▶ [Exercise goal]:
The material below contains a line with "let (_, amount_at)" and a line with "for a transfer.". Copy exactly those two lines and all lines between them.

▶ [Record excerpts]:

// Where R, what the players have won, the number of the current level, a promotion's mark and the levels of priority
// promotion stand in the work area, and what nested sets there mean for the regions.
#![tactic(auto)]

mod places;

pub use places::{depth_at, held_at, level_at, levels_at, mark_at, priority_at, won_at};
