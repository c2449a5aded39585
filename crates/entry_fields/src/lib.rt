// The typed fields of an element of an accepted transaction, found by their offsets alone: the check has already applied every rule.
#![tactic(auto)]

ghost use Rattle.std.specs.Prelude.{◌≡◌};
ghost use Rattle.entry_fields.specs.code.Found.{terms_found, recipients_found, action_found, operation_found, owners_found, mint_found, transfer_found};
ghost use Rattle.entry_fields.specs.code.Found.{nft_mint_found, nft_transfer_found, output_found, input_found};

use element::{InputFields, OperationFields, OutputFields, Recipients, TermsFields};
use owners::OwnersFields;

fn owners_at(s: &[u8], at: usize) -> Option<OwnersFields>
    ensures { result ≡ owners_found s.now at }
{
    let (locktime, threshold_at) = wire::u64_at(s, at).ok()?;
    let (threshold, count_at) = wire::u32_at(s, threshold_at).ok()?;
    let (addresses_count, addresses_at) = wire::u32_at(s, count_at).ok()?;
    Some(OwnersFields {
        locktime,
        threshold,
        addresses_at,
        addresses_count,
    })
}

// What follows type 6: owners.
fn mint_at(s: &[u8], at: usize) -> Option<OutputFields>
    ensures { result ≡ mint_found s.now at }
{
    Some(OutputFields::SecpMint(owners_at(s, at)?))
}

// What follows type 7: amount, owners.
fn transfer_at(s: &[u8], at: usize) -> Option<OutputFields>
    ensures { result ≡ transfer_found s.now at }
{
    let (amount, owners_start) = wire::u64_at(s, at).ok()?;
    let owners = owners_at(s, owners_start)?;
    Some(OutputFields::SecpTransfer { amount, owners })
}

// What follows type 10: group, owners.
fn nft_mint_at(s: &[u8], at: usize) -> Option<OutputFields>
    ensures { result ≡ nft_mint_found s.now at }
{
    let (group, owners_start) = wire::u32_at(s, at).ok()?;
    let owners = owners_at(s, owners_start)?;
    Some(OutputFields::NftMint { group, owners })
}

// What follows type 11: group, payload, owners.
fn nft_transfer_at(s: &[u8], at: usize) -> Option<OutputFields>
    ensures { result ≡ nft_transfer_found s.now at }
{
    let (group, length_at) = wire::u32_at(s, at).ok()?;
    let (payload_length, payload_at) = wire::u32_at(s, length_at).ok()?;
    let owners_start = wire::field_at(s, payload_at, payload_length as usize).ok()?;
    let owners = owners_at(s, owners_start)?;
    Some(OutputFields::NftTransfer {
        group,
        payload_at,
        payload_length,
        owners,
    })
}

// An output of any of the four types.
pub fn output_at(s: &[u8], at: usize) -> Option<OutputFields>
    ensures { result ≡ output_found s.now at }
{
    let (type_id, body_at) = wire::u32_at(s, at).ok()?;
    match type_id {
        element::SECP_MINT => mint_at(s, body_at),
        element::SECP_TRANSFER => transfer_at(s, body_at),
        element::NFT_MINT => nft_mint_at(s, body_at),
        _ => nft_transfer_at(s, body_at),
    }
}

// An input: transaction id, index, asset id, type, amount, address indices.
pub fn input_at(s: &[u8], at: usize) -> Option<InputFields>
    ensures { result ≡ input_found s.now at }
{
    let index_at = wire::field_at(s, at, 32).ok()?;
    let (index, asset_at) = wire::u32_at(s, index_at).ok()?;
    let type_at = wire::field_at(s, asset_at, 32).ok()?;
    let (_, amount_at) = wire::u32_at(s, type_at).ok()?;
    let (amount, count_at) = wire::u64_at(s, amount_at).ok()?;
    let (indices_count, indices_at) = wire::u32_at(s, count_at).ok()?;
    Some(InputFields {
        index,
        amount,
        indices_at,
        indices_count,
    })
}

// An operation's address indices, group and payload, and the offset just past them.
fn terms_at(s: &[u8], at: usize) -> Option<(TermsFields, usize)>
    ensures { result ≡ terms_found s.now at }
{
    let (indices_count, indices_at) = wire::u32_at(s, at).ok()?;
    let group_at = wire::field_at(s, indices_at, 4 * indices_count as usize).ok()?;
    let (group, length_at) = wire::u32_at(s, group_at).ok()?;
    let (payload_length, payload_at) = wire::u32_at(s, length_at).ok()?;
    let next = wire::field_at(s, payload_at, payload_length as usize).ok()?;
    Some((
        TermsFields {
            indices_at,
            indices_count,
            group,
            payload_at,
            payload_length,
        },
        next,
    ))
}

// What follows the terms: a list of owners for a mint, owners for a transfer.
fn recipients_at(s: &[u8], at: usize, type_id: u64) -> Option<Recipients>
    ensures { result ≡ recipients_found type_id s.now at }
{
    match type_id {
        element::MINT_OPERATION => {
            let (owners_count, owners_at) = wire::u32_at(s, at).ok()?;
            Some(Recipients::Mint {
                owners_at,
                owners_count,
            })
        }
        _ => Some(Recipients::Transfer(owners_at(s, at)?)),
    }
}

// What follows an operation's pairs: type, terms, recipients.
fn action_at(s: &[u8], at: usize, outputs_at: usize, outputs_count: u64) -> Option<OperationFields>
    ensures { result ≡ action_found outputs_at outputs_count s.now at }
{
    let (type_id, terms_start) = wire::u32_at(s, at).ok()?;
    let (terms, recipients_start) = terms_at(s, terms_start)?;
    let recipients = recipients_at(s, recipients_start, type_id)?;
    Some(OperationFields {
        outputs_at,
        outputs_count,
        terms,
        recipients,
    })
}

// An operation: asset id, (id, index) pairs, action.
pub fn operation_at(s: &[u8], at: usize) -> Option<OperationFields>
    ensures { result ≡ operation_found s.now at }
{
    let count_at = wire::field_at(s, at, 32).ok()?;
    let (outputs_count, outputs_at) = wire::u32_at(s, count_at).ok()?;
    let action_start = wire::field_at(s, outputs_at, 36 * outputs_count as usize).ok()?;
    action_at(s, action_start, outputs_at, outputs_count)
}
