/// A lease has moved just where a Turn that did something stands behind its Take.
pub fn idle_turns_follow_others()
    ensures found { (worker pid : ℕ) (start : Group) (origin_epoch : ℕ) (limits : Limits)
        (marks : List Mark)
        → Legal start origin_epoch limits marks
        → IsTrue (has_moved (progress_after limits.quantum (progress_at origin_epoch start)
        marks).leases worker pid)
        → (b : List Mark) × (m : Mark) × (c : List Mark) × (marks ≡ b ++ m ∷ c)
        × IsTrue (did_something (progress_after limits.quantum (progress_at origin_epoch start) b)
        m)
        × (list_any (is_take_of worker pid) c ≡ false) }
    ensures stands { (worker pid quantum : ℕ) (r : Progress) (b : List Mark) (m : Mark)
        (c : List Mark)
        → IsTrue (did_something (progress_after quantum r b) m)
        → list_any (is_take_of worker pid) c ≡ false
        → IsTrue (list_any (is_lease worker pid) (progress_after quantum r (b ++ m ∷ c)).leases)
        → IsTrue (has_moved (progress_after quantum r (b ++ m ∷ c)).leases worker pid) }
{}

/// What each legal trace keeps to; so at most one Barrier, the last one, has no Ack.
pub fn one_commit_at_a_time()
    ensures order { (start : Group) (origin_epoch : ℕ) (limits : Limits) (marks : List Mark)
        → Legal start origin_epoch limits marks → IsInOrder limits origin_epoch
        (progress_after limits.quantum (progress_at origin_epoch start) marks) }
    ensures one { (start : Group) (origin_epoch : ℕ) (limits : Limits) (marks : List Mark)
        → Legal start origin_epoch limits marks
        → (epoch : ℕ) → list_any (is_barrier_of epoch) marks ≡ true
        → (list_any (is_ack_of epoch) marks ≡ true) ⊎ (epoch ≡ origin_epoch + barriers_in marks) }
{}

/// A Barrier makes its epoch's checkpoint: the group right after it, with the pages that the interval before it touched,
/// whatever follows. No other mark makes one.
pub fn barriers_make_checkpoints()
    ensures made { (start : Group) (origin_epoch : ℕ) (limits : Limits) (a : List Mark) (epoch : ℕ)
        (b : List Mark) → Legal start origin_epoch limits (a ++ Barrier epoch ∷ b)
        → checkpoint_of (progress_after limits.quantum (progress_at origin_epoch start)
        (a ++ Barrier epoch ∷ b)) epoch
        ≡ Some (checkpoint (progress_after limits.quantum (progress_at origin_epoch start) a)
        epoch) }
    ensures others { (quantum : ℕ) (r : Progress) (marks : List Mark) (epoch : ℕ)
        → list_any (is_barrier_of epoch) marks ≡ false
        → checkpoint_of (progress_after quantum r marks) epoch ≡ checkpoint_of r epoch }
{}

/// The smallest run: a process that ends at once, whatever stands behind its code and on its stack.
pub fn smallest_run()
    ensures solo { (rest stack : List ℕ)
        → IsSoloTrace (exits_at_once rest stack) 0 default_limits exit_trace }
    ensures done { (rest stack : List ℕ)
        → IsDone (progress_after 1000 (progress_at 0 (exits_at_once rest stack))
        exit_trace).state.group }
    ensures output { (rest stack : List ℕ)
        → (progress_after 1000 (progress_at 0 (exits_at_once rest stack)) exit_trace).output ≡ [] }
{}

/// The next run: a process that writes three bytes and ends.
pub fn second_run()
    ensures solo { (rest stack : List ℕ)
        → IsSoloTrace (says_hi rest stack) 0 default_limits hi_trace }
    ensures done { (rest stack : List ℕ)
        → IsDone (progress_after 1000 (progress_at 0 (says_hi rest stack)) hi_trace).state.group }
    ensures output { (rest stack : List ℕ)
        → (progress_after 1000 (progress_at 0 (says_hi rest stack)) hi_trace).output
        ≡ 0x68 ∷ 0x69 ∷ 0x0a ∷ [] }
{}

/// Calls that are refused: write on a descriptor that isn't open (-9), write from an address that can't be read (-14), and
/// a number that is no call (-38).
pub fn refused_calls()
    ensures closed { (rest stack : List ℕ)
        → map (λ (p : Proc). slice_index p.regs 9)
        (steps_of (state_at 0 (asks_in_vain rest stack)) 1 3).group.frame.procs
        ≡ 18446744073709551607 ∷ [] }
    ensures unreadable { (rest stack : List ℕ)
        → map (λ (p : Proc). slice_index p.regs 9)
        (steps_of (state_at 0 (asks_in_vain rest stack)) 1 7).group.frame.procs
        ≡ 18446744073709551602 ∷ [] }
    ensures unknown { (rest stack : List ℕ)
        → map (λ (p : Proc). slice_index p.regs 9)
        (steps_of (state_at 0 (asks_in_vain rest stack)) 1 9).group.frame.procs
        ≡ 18446744073709551578 ∷ [] }
{}

/// The end of a process in a family: it stays with its status, its running child has no parent any more, its ended child is
/// gone, and so are its memory object and the description that it alone had.
pub fn end_in_a_family()
    ensures { (rest parents childs : List ℕ)
        → (steps_of (state_at 0 (family rest parents childs)) 2 3).group
        ≡ family_left parents childs }
{}

/// Two workers with a process each, from a checkpoint of epoch 1: both leases are out at once, and end in either order. After
/// two barriers both processes have ended.
pub fn two_workers_run()
    ensures legal { (rest others : List ℕ)
        → Legal (two_processes rest others) 1 two_workers two_workers_trace }
    ensures done { (rest others : List ℕ)
        → let r = progress_after 1000 (progress_at 1 (two_processes rest others))
        two_workers_trace in IsDone r.state.group }
    ensures acked { (rest others : List ℕ)
        → let r = progress_after 1000 (progress_at 1 (two_processes rest others))
        two_workers_trace in r.state.standing.acked ≡ 3 }
{}

/// There is at most one whole trace of a run on one thread, what such a run has logged so far is its beginning, and it comes
/// from one rest to the next. In it a Take is followed by its Turn, a Barrier by its Fetch and that by its Ack.
pub fn one_trace_on_one_thread()
    ensures one { (start : Group) (origin_epoch : ℕ) (limits : Limits) (a b : List Mark)
        → IsSoloTrace start origin_epoch limits a → IsSoloTrace start origin_epoch limits b
        → a ≡ b }
    ensures follows { (start : Group) (origin_epoch : ℕ) (limits : Limits) (a : List Mark) (x y :
        Mark)
        (b : List Mark) → IsSoloSoFar start origin_epoch limits (a ++ x ∷ y ∷ b) → Follows x y }
    ensures legal { (start : Group) (origin_epoch : ℕ) (limits : Limits) (marks : List Mark)
        → IsSoloSoFar start origin_epoch limits marks → Legal start origin_epoch limits marks }
    ensures so_far { (start : Group) (origin_epoch : ℕ) (limits : Limits) (marks : List Mark)
        → IsSoloPrefix start origin_epoch limits marks
        → IsSoloSoFar start origin_epoch limits marks }
    // where the start's mark is its last position, as at the start of every run
    ensures goes_on { (start : Group) (origin_epoch : ℕ) (limits : Limits) (marks : List Mark)
        → start.frame.out.from ≤ start.frame.out.mark
        → start.frame.out.mark ≡ last_position start.frame.out → 0 < limits.every
        → IsSoloSoFar start origin_epoch limits marks
        → IsSoloPrefix start origin_epoch limits marks }
    ensures rests { (start : Group) (origin_epoch : ℕ) (limits : Limits)
        → RestsFollow start origin_epoch limits }
{}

▶ [Solved exercise]:
    let (_, amount_at) = wire::u32_at(s, type_at).ok()?;
    let (amount, count_at) = wire::u64_at(s, amount_at).ok()?;
    let (indices_count, indices_at) = wire::u32_at(s, count_at).ok()?;
    Some(InputFields {
        index,
        amount,
        indices_at,
        indices_count,
    })
}

// An operation's address indices, group and payload, and the offset just past them.
fn terms_at(s: &[u8], at: usize) -> Option<(TermsFields, usize)>
    ensures { result ≡ terms_found s.now at }
{
    let (indices_count, indices_at) = wire::u32_at(s, at).ok()?;
    let group_at = wire::field_at(s, indices_at, 4 * indices_count as usize).ok()?;
    let (group, length_at) = wire::u32_at(s, group_at).ok()?;
    let (payload_length, payload_at) = wire::u32_at(s, length_at).ok()?;
    let next = wire::field_at(s, payload_at, payload_length as usize).ok()?;
    Some((
        TermsFields {
            indices_at,
            indices_count,
            group,
            payload_at,
            payload_length,
        },
        next,
    ))
}

// What follows the terms: a list of owners for a mint, owners for a transfer.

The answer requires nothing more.